Problem to work on — Whenever the word "there" shows up in a line of the data, copy that line.

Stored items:
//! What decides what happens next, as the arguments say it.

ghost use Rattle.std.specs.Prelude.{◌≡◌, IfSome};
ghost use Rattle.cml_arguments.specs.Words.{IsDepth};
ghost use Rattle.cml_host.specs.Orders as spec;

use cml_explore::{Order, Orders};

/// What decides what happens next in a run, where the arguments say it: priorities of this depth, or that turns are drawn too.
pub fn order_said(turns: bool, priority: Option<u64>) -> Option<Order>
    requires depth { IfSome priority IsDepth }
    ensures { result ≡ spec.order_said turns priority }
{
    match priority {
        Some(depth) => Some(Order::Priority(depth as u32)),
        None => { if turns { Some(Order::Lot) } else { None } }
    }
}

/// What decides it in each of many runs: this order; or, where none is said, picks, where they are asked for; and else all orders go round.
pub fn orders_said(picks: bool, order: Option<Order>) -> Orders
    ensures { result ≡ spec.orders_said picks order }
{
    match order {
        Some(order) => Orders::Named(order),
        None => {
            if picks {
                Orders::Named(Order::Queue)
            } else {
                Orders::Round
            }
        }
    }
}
==
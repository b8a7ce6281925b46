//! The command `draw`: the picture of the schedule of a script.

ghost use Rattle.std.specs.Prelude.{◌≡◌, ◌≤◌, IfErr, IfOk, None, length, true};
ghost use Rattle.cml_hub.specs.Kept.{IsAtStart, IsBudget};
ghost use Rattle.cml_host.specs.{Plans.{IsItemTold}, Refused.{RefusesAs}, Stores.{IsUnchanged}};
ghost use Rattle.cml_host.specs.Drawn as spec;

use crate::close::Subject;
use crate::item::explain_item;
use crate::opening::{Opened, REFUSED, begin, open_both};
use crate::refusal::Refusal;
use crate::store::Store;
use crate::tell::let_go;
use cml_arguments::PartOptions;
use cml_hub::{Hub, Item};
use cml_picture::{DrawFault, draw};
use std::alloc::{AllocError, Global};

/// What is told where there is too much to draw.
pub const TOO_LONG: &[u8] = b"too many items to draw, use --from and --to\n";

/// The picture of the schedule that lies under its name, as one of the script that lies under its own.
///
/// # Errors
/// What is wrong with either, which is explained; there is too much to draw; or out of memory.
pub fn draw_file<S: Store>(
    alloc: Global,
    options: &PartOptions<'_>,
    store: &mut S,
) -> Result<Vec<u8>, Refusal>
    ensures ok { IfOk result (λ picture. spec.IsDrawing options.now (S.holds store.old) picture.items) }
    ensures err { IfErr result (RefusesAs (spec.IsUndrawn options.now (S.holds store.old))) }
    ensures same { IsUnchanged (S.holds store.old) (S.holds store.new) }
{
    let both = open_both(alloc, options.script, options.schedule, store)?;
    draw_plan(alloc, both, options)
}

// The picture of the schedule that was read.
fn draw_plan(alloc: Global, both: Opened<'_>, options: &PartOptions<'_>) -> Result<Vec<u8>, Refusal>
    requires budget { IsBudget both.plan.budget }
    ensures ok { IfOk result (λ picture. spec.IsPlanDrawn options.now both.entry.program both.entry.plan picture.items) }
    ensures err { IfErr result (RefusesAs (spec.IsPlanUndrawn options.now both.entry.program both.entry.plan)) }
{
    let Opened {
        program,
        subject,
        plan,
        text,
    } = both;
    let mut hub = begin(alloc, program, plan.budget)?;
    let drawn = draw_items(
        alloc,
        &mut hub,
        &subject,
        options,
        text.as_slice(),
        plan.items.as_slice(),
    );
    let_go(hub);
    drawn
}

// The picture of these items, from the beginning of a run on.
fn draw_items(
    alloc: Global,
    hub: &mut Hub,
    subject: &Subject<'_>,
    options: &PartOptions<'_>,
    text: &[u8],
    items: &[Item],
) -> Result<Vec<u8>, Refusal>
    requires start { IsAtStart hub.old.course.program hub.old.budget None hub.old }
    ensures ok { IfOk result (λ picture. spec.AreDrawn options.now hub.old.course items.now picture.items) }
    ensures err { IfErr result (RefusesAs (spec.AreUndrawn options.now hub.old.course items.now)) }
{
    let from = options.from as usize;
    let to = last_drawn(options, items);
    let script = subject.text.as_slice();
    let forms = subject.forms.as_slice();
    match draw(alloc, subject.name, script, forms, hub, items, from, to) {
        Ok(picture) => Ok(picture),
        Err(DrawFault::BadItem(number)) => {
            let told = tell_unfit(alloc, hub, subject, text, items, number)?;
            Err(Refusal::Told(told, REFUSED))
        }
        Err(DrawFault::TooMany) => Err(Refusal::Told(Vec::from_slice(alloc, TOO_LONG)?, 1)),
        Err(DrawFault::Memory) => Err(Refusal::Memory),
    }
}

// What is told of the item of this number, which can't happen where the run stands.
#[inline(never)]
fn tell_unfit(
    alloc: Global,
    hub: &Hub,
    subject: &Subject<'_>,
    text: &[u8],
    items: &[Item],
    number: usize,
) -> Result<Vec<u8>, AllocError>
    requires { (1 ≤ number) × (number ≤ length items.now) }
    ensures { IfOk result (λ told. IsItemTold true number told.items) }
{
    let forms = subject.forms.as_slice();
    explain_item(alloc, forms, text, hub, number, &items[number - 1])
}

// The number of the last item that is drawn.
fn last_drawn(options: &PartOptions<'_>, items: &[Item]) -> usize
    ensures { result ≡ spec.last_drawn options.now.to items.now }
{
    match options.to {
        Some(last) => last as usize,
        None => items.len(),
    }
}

Solution to the exercise —
/// What is told where there is too much to draw.
/// What is wrong with either, which is explained; there is too much to draw; or out of memory.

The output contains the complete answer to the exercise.